На кухне долго молчат, и мне чудится, будто они тихо-молча разошлись. Оставив свет включенным.
– Ты случайно под машину сегодня тоже не попадал? Или вчера? – грубит Дядюн.
– В отчете так и напишем – всем стать богами? – Дедуня.
– Я так и знал, что вы ничего не поймете, – хлопнул в ладоши Папаня.
– Помилуй бог, так ты ничего не объяснил!
– Представьте, что до человека разумного существовали некие другие разумные существа. Неандертальцы. Или австралопитеки. Неважно. Другие и с другим уровнем интеллекта. Не ниже, не выше, а просто другим. С иными принципами существования, с иной цивилизацией. Всем иным. Чуждым и непонятным. И как какой-нибудь кроманьонец воспринимал этого совершенно иного австралопитека, которому эволюция хотя и вынесла смертный приговор, но пока не привела его в исполнение? Этот австралопитек и являлся для него богом! Одним из богов! Ужасных, непонятных и всемогущих. Будущее несомненно оставалось за кроманьонцем – и мозг больше, приспособляемость лучше, но я говорю не с точки зрения эволюции, а психологии.
– Однако, – говорит Дядюн и хлебает – долго-предолго.
– Ничего безумнее я не слышал, – признается Дедуня.
– Добро пожаловать в эволюцию, – отвечает Папаня.
– И где, по-твоему, остатки развитой цивилизации австралопитеков? – спрашивает Дядюн. – Нет, я понимаю – всё исключительно воззрительно, без материализма, даже научного, но всё же – в порядке гипотезы?
– Ответ на поверхности – предыдущая цивилизация являлась цивилизацией камня. Начиная от каменных орудий и заканчивая монолитами, которые принимаются за игру природных сил. Они каким-то образом научились обращаться с камнем так, как мы обращаемся с электричеством – изменять, трансформировать.
– То есть пирамиды египетские на самом деле – они? – Дядюн.
– Нет, не они. Но с использованием остатков тех технологий, которые сейчас утрачены и забыты.
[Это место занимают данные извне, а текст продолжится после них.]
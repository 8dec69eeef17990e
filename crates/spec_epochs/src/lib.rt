//! Definitions of epoch processing (beacon-chain.md, "Epoch processing"), over the plain state.
//!
//! Here stand the record that justification and finalisation change, and that of rewards and penalties. The crates above
//! read them in their contracts, and prove that they give what the definitions say.
#![tactic(auto)]

mod deltas;
mod justification;

pub use deltas::Deltas;
pub use justification::Justification;
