//! What justification and finalisation change in a state.

use beacon_types::Checkpoint;

/// The justification bits and the three checkpoints of a state (beacon-chain.md, "BeaconState").
#[derive(Clone, Copy, Debug, PartialEq, Eq)]
pub struct Justification {
    /// Whether the current epoch, the one before it, and so on, are justified.
    pub bits: [bool; 4],
    /// The checkpoint that was justified last while the previous epoch ran.
    pub previous: Checkpoint,
    /// The checkpoint that was justified last.
    pub current: Checkpoint,
    /// The checkpoint that was finalised last.
    pub finalized: Checkpoint,
}
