//! Agreement: points, axis-parallel segments and rectangles have the same matrix as cells of the
//! grid and as geometries of the plane.
#![tactic(auto)]

mod boxes;
mod laws;

pub use boxes::{as_box, relate_boxes};
pub use laws::agreement_law;
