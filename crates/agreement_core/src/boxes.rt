//! Geometries that are a point, a segment along an axis or a rectangle, and their matrix.

ghost use Rattle.std.specs.Prelude.{◌≡◌, IfSome, IsTrue, ◌∷◌, []};
ghost use Rattle.geom_core.specs.Shapes.{dim_of};
ghost use Rattle.plane_core.specs.Figures.{Points, Lines, Areas};
ghost use Rattle.plane_core.specs.PlaneMatrices.{IsPlaneMatrix};
ghost use Rattle.agreement_core.specs.Agreement.{HasPartsOf};
ghost use Rattle.agreement_core.specs.BoxFigures.{AreOpposite, GoesRound};
ghost use Rattle.agreement_core.specs.BoxFigures.{AreLevelFirst, AreUprightFirst};

use geom_core::Shape;
use plane_core::{Geometry, Vertex};
use relation_core::{Matrix, relate};

/// The matrix of two geometries that are boxes, by their shapes, which takes constant time and no
/// memory; `None` if one of them is no box.
#[tactic(auto, using(crate::proofs::AgreementLemmas::agreement))]
pub fn relate_boxes(first: &Geometry, second: &Geometry) -> Option<Matrix>
    ensures { IfSome result (IsPlaneMatrix first.now second.now) }
{
    let (a, b) = (as_box(first)?, as_box(second)?);
    Some(relate(&a, &b))
}

/// The shape with the same interior, boundary and exterior as a geometry, if the geometry is a
/// point, a segment along an axis, or the ring of a rectangle through its four corners alone.
pub fn as_box(geometry: &Geometry) -> Option<Shape>
    // a shape has the same interior, boundary and exterior as the geometry, point by point. That it
    // finds each box is only tested
    ensures { IfSome result (λ s. HasPartsOf s geometry.now) }
{
    if geometry.path_count() != 1 {
        return None;
    }
    let path = geometry.path(0);
    let dim = geometry.dim();
    if dim == 0 {
        as_point(path)
    } else if dim == 1 {
        as_segment(path)
    } else {
        as_rectangle(path)
    }
}

/// The shape of a list of points, if it is a single point.
fn as_point(points: &[Vertex]) -> Option<Shape>
    ensures { IfSome result (λ s. HasPartsOf s (Points points.now)) }
{
    match points {
        [a] => between(a, a, 0),
        _ => None,
    }
}

/// The shape of a polyline, if it is a single segment along an axis.
fn as_segment(path: &[Vertex]) -> Option<Shape>
    ensures { IfSome result (λ s. HasPartsOf s (Lines (path.now ∷ []))) }
{
    match path {
        [a, b] => between(a, b, 1),
        _ => None,
    }
}

/// The shape of a ring, if it goes through the four corners of a rectangle and no other vertex.
fn as_rectangle(ring: &[Vertex]) -> Option<Shape>
    ensures { IfSome result (λ s. HasPartsOf s (Areas (ring.now ∷ []))) }
{
    match ring {
        [a, b, c, d, e] if goes_round(a, b, c, d, e) => between(a, c, 2),
        _ => None,
    }
}

/// Whether a ring through these vertices has sides along the two axes in turn.
fn goes_round(a: &Vertex, b: &Vertex, c: &Vertex, d: &Vertex, e: &Vertex) -> bool
    ensures { IsTrue result → GoesRound a.now b.now c.now d.now e.now }
{
    let is_closed = a.x == e.x && a.y == e.y;
    is_closed && (is_level_first(a, b, c, d) || is_upright_first(a, b, c, d))
}

/// Whether the first and the third side lie along the first axis, and the others along the second.
fn is_level_first(a: &Vertex, b: &Vertex, c: &Vertex, d: &Vertex) -> bool
    ensures { IsTrue result → AreLevelFirst a.now b.now c.now d.now }
{
    a.y == b.y && b.x == c.x && c.y == d.y && d.x == a.x
}

/// Whether the first and the third side lie along the second axis, and the others along the first.
fn is_upright_first(a: &Vertex, b: &Vertex, c: &Vertex, d: &Vertex) -> bool
    ensures { IsTrue result → AreUprightFirst a.now b.now c.now d.now }
{
    a.x == b.x && b.y == c.y && c.x == d.x && d.y == a.y
}

/// The shape of which these are two opposite corners, if it has this dimension.
fn between(a: &Vertex, b: &Vertex, dim: u8) -> Option<Shape>
    ensures corners { IfSome result (λ s. AreOpposite s a.now b.now) }
    ensures dim { IfSome result (λ s. dim_of s ≡ dim) }
{
    let shape = Shape::new(a.x.min(b.x), a.y.min(b.y), a.x.max(b.x), a.y.max(b.y))?;
    if shape.dim() == dim {
        Some(shape)
    } else {
        None
    }
}
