//! The law of agreement.

ghost use Rattle.geom_core.specs.declared.shape.Shape.{Shape};
ghost use Rattle.relation_core.specs.declared.matrix.Matrix.{Matrix};
ghost use Rattle.relation_core.specs.Matrices.{IsMatrix};
ghost use Rattle.plane_core.specs.Figures.{Figure};
ghost use Rattle.plane_core.specs.PlaneMatrices.{IsPlaneMatrix};
ghost use Rattle.agreement_core.specs.BoxFigures.{IsBoxFigure};

/// The matrix of two shapes by cells of the grid equals the matrix of their geometries by points of
/// the plane, with any number of vertices along a segment or the sides of a rectangle, wherever a
/// ring begins and in whichever direction a path goes. So two boxes can be related by comparing the
/// ends of their intervals.
#[tactic(auto, using(crate::proofs::StraightLemmas::agreement_of_boxes))]
pub fn agreement_law()
    // the matrix of two points, axis-parallel segments or rectangles by cells is the matrix of
    // their geometries by points of the plane: of polylines along a segment from either end, and of
    // rings around a rectangle from any vertex and in either direction, with any number of vertices
    // along them
    ensures { (a b : Shape) (g h : Figure) (m : Matrix) → IsBoxFigure a g → IsBoxFigure b h
        → IsMatrix a b m → IsPlaneMatrix g h m }
{}
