//! Malicious texts.

use crate::calls::{PIECES, run_on};
use crate::texts::BEGINNING;
use mm_plan::Cutting;
use mm_run::RunEnd;
use mm_spec::{Code, Fault};
use std::alloc::{AllocError, Global};
use std::fmt::Write;
use std::sync::Wait;
use std::thread::Threads;

/// These bytes, the given number of spaces, and a byte that no text may have.
fn with_bad_byte(alloc: Global, front: &[u8], spaces: u32) -> Result<Vec<u8>, AllocError> {
    let mut text = front.to_vec(alloc)?;
    for _ in 0..spaces {
        text.push(b' ')?;
    }
    text.push(0x80)?;
    Ok(text)
}

/// Whether a bad byte after the given number of spaces is refused at its place, with cuts before
/// and after it.
fn is_bad_byte_refused<R: Threads + Wait + Sync>(
    rt: &R,
    alloc: Global,
    front: &[u8],
    spaces: u32,
    place: u32,
) -> Result<bool, AllocError> {
    let text = with_bad_byte(alloc, front, spaces)?;
    let cuts = vec![in alloc; place, place.saturating_add(1)]?;
    let (end, written) = run_on(rt, alloc, Cutting::Places(cuts), &text);
    let line = format!(in alloc; "refused 1:{} E01\n", place.saturating_add(1))?;
    let fault = Fault {
        at: place,
        code: Code::BadByte,
    };
    Ok(end == Some(RunEnd::Refused(fault)) && written.as_slice() == line.as_bytes())
}

/// Up to so many spaces, less one, stand before a bad byte. They are more than two blocks of 64
/// bytes, so the bad byte is at each place of a block.
const MOST_SPACES: u32 = 130;

#[test]
fn a_bad_byte_after_spaces(rt: HostRuntime) -> Result<(), AllocError> {
    for spaces in 0..MOST_SPACES {
        let is_right = is_bad_byte_refused(&rt, rt.alloc(), b"", spaces, spaces)?
            && is_bad_byte_refused(&rt, rt.alloc(), b"$( ", spaces, spaces + 3)?;
        assert!(&rt; is_right, "{spaces} spaces");
    }
    Ok(())
}

/// A theorem with a hypothesis, in line 8, up to the letters of its proof.
const LETTERS: &[u8] =
    b"${ min $e |- p $. maj $e |- ( p -> q ) $. ax-mp $a |- q $. $}\n${ h $e |- p $. a1i $p |- ( q -> p ) $= ( wi ax-1 ax-mp ) ";

/// That theorem with a thousand letters `U` in its proof, and these after them.
fn thousand_letters(alloc: Global, end: &[u8]) -> Result<Vec<u8>, AllocError> {
    let mut text = BEGINNING.to_vec(alloc)?;
    text.extend_from_slice(LETTERS)?;
    for _ in 0..1000 {
        text.push(b'U')?;
    }
    text.extend_from_slice(end)?;
    Ok(text)
}

#[test]
fn a_number_of_a_thousand_letters(rt: HostRuntime) -> Result<(), AllocError> {
    let rows: [(&[u8], &[u8]); 2] = [
        (b"A $. $}\n", b"refused 8:59 E45\n"),
        (b" $. $}\n", b"refused 8:1060 E43\n"),
    ];
    for (end, output) in rows {
        let text = thousand_letters(rt.alloc(), end)?;
        let (_, written) = run_on(&rt, rt.alloc(), Cutting::Count(PIECES), &text);
        assert!(&rt; written.as_slice() == output);
    }
    Ok(())
}

/// A proof in which each formula is twice as long as the one before it. The next one would be too
/// long.
const DOUBLING: &[u8] =
    b"big $p wff p $= ( wi ) AABZCBZDBZEBZFBZGBZHBZIBZJBZKBZLBZMBZNBZOBZPBZQBZRBZSBZ";

#[test]
fn the_nineteenth_doubling_is_too_long(rt: HostRuntime) -> Result<(), AllocError> {
    let alloc = rt.alloc();
    let mut text = BEGINNING.to_vec(alloc)?;
    text.extend_from_slice(DOUBLING)?;
    for _ in 0..100 {
        text.extend_from_slice(b"TBZ")?;
    }
    text.extend_from_slice(b" $.\n")?;
    let (_, written) = run_on(&rt, alloc, Cutting::Count(PIECES), &text);
    assert!(&rt; written.as_slice() == b"refused 7:80 E39\n".as_slice());
    Ok(())
}
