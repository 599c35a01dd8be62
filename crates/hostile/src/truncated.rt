//! Truncated texts.

use crate::calls::{PIECES, run_on};
use crate::texts::{FIRST_REPORT, FIRST_TEXT};
use mm_plan::Cutting;
use mm_run::RunEnd;
use mm_spec::{Code, Fault};

/// The lengths of the prefixes of the first text that are accepted: 0, and the end of each
/// statement, before and after its line feed.
const ACCEPTED: [usize; 15] = [
    0, 19, 20, 29, 30, 44, 45, 59, 60, 83, 84, 117, 118, 169, 170,
];

/// The end of a run on a text of less than 1,000 bytes with this fault at this place.
fn refused_at(at: usize, code: Code) -> RunEnd {
    RunEnd::Refused(Fault {
        at: at.min(1000) as u32,
        code,
    })
}

/// How a run on a prefix of the first text has to end.
fn end_of(beginning: &[u8]) -> RunEnd {
    let len = beginning.len();
    if ACCEPTED.contains(&len) {
        return RunEnd::Accepted;
    }
    match beginning.last() {
        Some(b'$') => refused_at(len.saturating_sub(1), Code::StrayDollar),
        _ => refused_at(len, Code::OpenStatement),
    }
}

#[test]
fn a_text_that_is_cut_short(rt: HostRuntime) {
    for len in 0..FIRST_TEXT.len() + 1 {
        let text = &FIRST_TEXT[..len];
        let (end, _) = run_on(&rt, rt.alloc(), Cutting::Count(PIECES), text);
        assert!(&rt; end == Some(end_of(text)));
    }
}

#[test]
fn outputs_of_texts_that_are_cut_short(rt: HostRuntime) {
    let rows: [(usize, &[u8]); 6] = [
        (1, b"refused 1:1 E04\n"),
        (2, b"refused 1:3 E08\n"),
        (17, b"refused 1:18 E08\n"),
        (18, b"refused 1:18 E04\n"),
        (168, b"refused 7:50 E04\n"),
        (170, FIRST_REPORT),
    ];
    for (len, output) in rows {
        let (_, written) = run_on(&rt, rt.alloc(), Cutting::Count(PIECES), &FIRST_TEXT[..len]);
        assert!(&rt; written.as_slice() == output, "{len} bytes");
    }
}
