//! Tests of what can go wrong: allocations that are refused, reads and writes that fail, truncated
//! and malicious texts. Apart from an allocator that refuses allocations, this crate has only
//! tests, which use public calls. It isn't part of the program, and promises nothing.
#![tactic(auto)]

#[cfg(test)]
mod calls;
#[cfg(test)]
mod failing;
#[cfg(test)]
mod growth;
pub mod heap;
#[cfg(test)]
mod malicious;
#[cfg(test)]
mod readers_and_writers;
#[cfg(test)]
mod texts;
#[cfg(test)]
mod truncated;
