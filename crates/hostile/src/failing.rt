//! Runs whose reader fails or returns few bytes, and runs and comparisons whose writer fails or takes
//! few bytes.

use crate::calls::{PIECES, WORKERS, ended, plan_of};
use crate::readers_and_writers::{FailingReader, Stop, StoppingWriter};
use crate::texts::{FIRST_REPORT, FIRST_TEXT};
use mm_against::{ComparisonEnd, run_against};
use mm_plan::Cutting;
use mm_run::RunEnd;
use mm_spec::Sections;
use std::alloc::Global;
use std::io::ErrorKind;
use std::sync::Wait;
use std::thread::Threads;

/// A text whose statement isn't ended.
const UNENDED: &[u8] = b"$c a";

/// The refusal of that text.
const UNENDED_REFUSAL: &[u8] = b"refused 1:5 E08\n";

/// What is written of the first text beside itself, with the report behind the differences.
const COMPARED_AND_REPORTED: &[u8] =
    b"mmdepend-differences 1\nnew\ngone\ngained\nlost\nend\nmmdepend 1\naxioms 2\ntheorems 1\nmatrix\nwi2:10\ncounts\nwi2:1\nusage\nwi:1:wi2\nax-1:0:\nend\n";

/// How many calls it takes to read the first text to its end, by ten bytes each, and to learn that
/// there are no more.
const READS: usize = 18;

/// What a run comes to: its end, its output, and how often it called the reader or the writer that
/// counts its calls.
#[derive(Clone, Copy)]
struct Outcome<'o> {
    end: RunEnd,
    output: &'o [u8],
    calls: usize,
}

/// Whether a run on the first text has the outcome `want`, with the calls of the reader. The reader
/// fails at the call of the number `fails_at`.
fn failed_run_is<R: Threads + Wait + Sync>(
    rt: &R,
    alloc: Global,
    fails_at: usize,
    kind: ErrorKind,
    want: Outcome<'_>,
) -> bool {
    let plan = plan_of(Cutting::Count(PIECES), WORKERS, Sections::by_default());
    let mut written = Vec::new(alloc);
    let mut from = FailingReader {
        text: FIRST_TEXT,
        fails_at,
        kind,
        calls: 0,
    };
    let end = ended(rt, alloc, &plan, &mut from, &mut written);
    end == Some(want.end) && written.as_slice() == want.output && from.calls == want.calls
}

/// The outcome of a run whose reader fails at this call, which may be one after the last.
fn outcome_of_reads(fails_at: usize) -> Outcome<'static> {
    if fails_at > READS {
        return Outcome {
            end: RunEnd::Accepted,
            output: FIRST_REPORT,
            calls: READS,
        };
    }
    Outcome {
        end: RunEnd::ReadFailed,
        output: b"",
        calls: fails_at,
    }
}

// An interrupted read fails like any other. The reader returns bytes again after the call that
// failed, so a second try would be noticed.
#[test]
fn a_read_that_fails_is_not_tried_again(rt: HostRuntime) {
    for kind in [
        ErrorKind::Other,
        ErrorKind::Interrupted,
        ErrorKind::WouldBlock,
    ] {
        for fails_at in 1..READS + 2 {
            let want = outcome_of_reads(fails_at);
            let is_right = failed_run_is(&rt, rt.alloc(), fails_at, kind, want);
            assert!(&rt; is_right, "read {fails_at}");
        }
    }
}

/// Whether a run on the text has the outcome `want`, with the calls of the writer. The writer takes
/// `stops_after` bytes before the first call that takes none.
fn stopped_run_is<R: Threads + Wait + Sync>(
    rt: &R,
    alloc: Global,
    mut text: &[u8],
    stops_after: usize,
    stop: Stop,
    want: Outcome<'_>,
) -> bool {
    let plan = plan_of(Cutting::Count(PIECES), WORKERS, Sections::by_default());
    let mut to = StoppingWriter {
        taken: Vec::new(alloc),
        stops_after,
        stop,
        calls: 0,
    };
    let end = ended(rt, alloc, &plan, &mut text, &mut to);
    end == Some(want.end) && to.taken.as_slice() == want.output && to.calls == want.calls
}

/// Whether a run on the text fails with its output up to there where the writer stops, which it
/// does after each number of bytes below the output's length.
fn fails_at_each_write<R: Threads + Wait + Sync>(
    rt: &R,
    alloc: Global,
    text: &[u8],
    output: &[u8],
    stop: Stop,
) -> bool {
    for stops_after in 0..output.len() {
        let want = Outcome {
            end: RunEnd::WriteFailed,
            output: &output[..stops_after],
            calls: stops_after + 1,
        };
        if !stopped_run_is(rt, alloc, text, stops_after, stop, want) {
            return false;
        }
    }
    true
}

// The writer takes bytes again after the call that took none, so a second try would be noticed.
#[test]
fn a_write_that_fails_is_not_tried_again(rt: HostRuntime) {
    for stop in [
        Stop::Fails(ErrorKind::Other),
        Stop::Fails(ErrorKind::Interrupted),
        Stop::TakesNothing,
    ] {
        assert!(&rt;
            fails_at_each_write(&rt, rt.alloc(), FIRST_TEXT, FIRST_REPORT, stop)
                && fails_at_each_write(&rt, rt.alloc(), UNENDED, UNENDED_REFUSAL, stop)
        );
    }
}

#[test]
fn a_writer_that_takes_one_byte_a_call_has_the_whole(rt: HostRuntime) {
    let stop = Stop::TakesNothing;
    let stops_after = FIRST_REPORT.len();
    let want = Outcome {
        end: RunEnd::Accepted,
        output: FIRST_REPORT,
        calls: stops_after,
    };
    assert!(&rt; stopped_run_is(&rt, rt.alloc(), FIRST_TEXT, stops_after, stop, want));
}

/// How a comparison of the first text with itself ends, and what the writer took, where the report
/// is written behind it and the writer stops after so many bytes. `None` for an unlawful plan.
fn stopped_comparison<R: Threads + Wait + Sync>(
    rt: &R,
    alloc: Global,
    stops_after: usize,
) -> Option<(ComparisonEnd, StoppingWriter)> {
    let mut plan = plan_of(Cutting::Count(PIECES), WORKERS, Sections::by_default());
    plan.and_report = true;
    if !plan.is_lawful() {
        return None;
    }
    let mut to = StoppingWriter {
        taken: Vec::new(alloc),
        stops_after,
        stop: Stop::TakesNothing,
        calls: 0,
    };
    let (mut old, mut new) = (FIRST_TEXT, FIRST_TEXT);
    let end = run_against(rt, alloc, &plan, &mut old, &mut new, &mut to);
    Some((end, to))
}

/// Whether such a comparison fails with its output up to there where the writer stops, and doesn't
/// call it again; or if that is behind the output, ends well.
fn comparison_stops_at<R: Threads + Wait + Sync>(
    rt: &R,
    alloc: Global,
    stops_after: usize,
) -> bool {
    match stopped_comparison(rt, alloc, stops_after) {
        Some((ComparisonEnd::WriteFailed, to)) => {
            to.taken.as_slice()
                == &COMPARED_AND_REPORTED[..stops_after.min(COMPARED_AND_REPORTED.len())]
                && to.calls == stops_after.saturating_add(1)
        }
        Some((ComparisonEnd::Compared, to)) => {
            to.taken.as_slice() == COMPARED_AND_REPORTED
                && stops_after == COMPARED_AND_REPORTED.len()
        }
        _ => false,
    }
}

// Within the differences, between them and the report, and within the report.
#[test]
fn a_comparison_with_a_report_stops_where_its_writer_does(rt: HostRuntime) {
    for stops_after in 0..COMPARED_AND_REPORTED.len() + 1 {
        assert!(&rt;
            comparison_stops_at(&rt, rt.alloc(), stops_after),
            "after {stops_after} bytes"
        );
    }
}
– А ведь я что-то подобное слышал, – говорит Дедуня. – Служил я тогда в Сибири, где рядом с гарнизоном имелась гора, которую все называли пирамидой. Она и походила на пирамиду, только гораздо больше египетских. И вся кустарником поросшая. Так мне рассказывали – если слой почвы прокопать, то наткнешься на кладку огромных каменных блоков. Черт его, конечно, знает…
– Надо было археологов пригласить, – говорит Дядюн, – наша страна – родина пирамид. И слонов. Вы сегодня новости слушали? Рядом с Землей прошел огромный метеорит. Ученые так и говорят – еще бы несколько километров – и тут бы такое творилось…
Сижу, слушаю, и кажется мне, что не Папаня, Дедуня и Дядюн говорят, а радио работает. Программу передает – для тех, кто не заснул. И от передачи меня тоже в сон клонит. И вообще я сплю, но всё слушаю. Но ничего не понимаю, потому как во сне вижу мохнатых австралопитеков, пирамиды, кроманьонцев, и приходится себя больно щипать, чтобы окончательно не заснуть, и я себя щипаю, пока не понимаю, что щипаюсь не наяву, а во сне.
– У нас в руках Ева нового эволюционного витка, – говорит Папаня, склоняясь надо мной. – Ей объясним, кто мы такие. Боги старого мира, у которых есть право на существование, а не динозавры.
– Она спит, – говорит Дядюн. – Ты ей на ухо об этом будешь шептать? Вольфа Мессинга пригласишь?
– Ты слишком долго копаешься, – говорит Дедуня.
– В нашем мире материализма всё устроено разумно, – говорит Папаня. – Резонанс Шумана нам поможет.
– Вы в этом так уверены? – спрашивает Резонанс Шумана. – И почему я должен кому-то помогать? И ваши аналогии, доложу я вам, весьма тривиальны и не выдерживают научной критики.
– Оставьте девочек в покое, – закуривает старшая сестра. – Так мило, когда они спят.
– А я знаю, где выжившие австралопитеки! – Дядюн хлопает себя по коленям. – Снежные люди! Реликтовые гоминиды.
– Попрошу при мне не выражаться, – строго говорит Резонанс Шумана.
– Давай-ка спать, – говорит Дедуня, – брат Стругацкий.
Они расходятся, а я возвращаюсь к себе и вижу Надежду, спящую в своей кровати. Одеяло сбилось, ночнушка задралась, лицо безмятежное. Только теперь я вспоминаю, что никогда не видела ее спящей в постели. У меня на плече. У меня на коленях. В постели – нет. И я смотрю, смотрю, смотрю.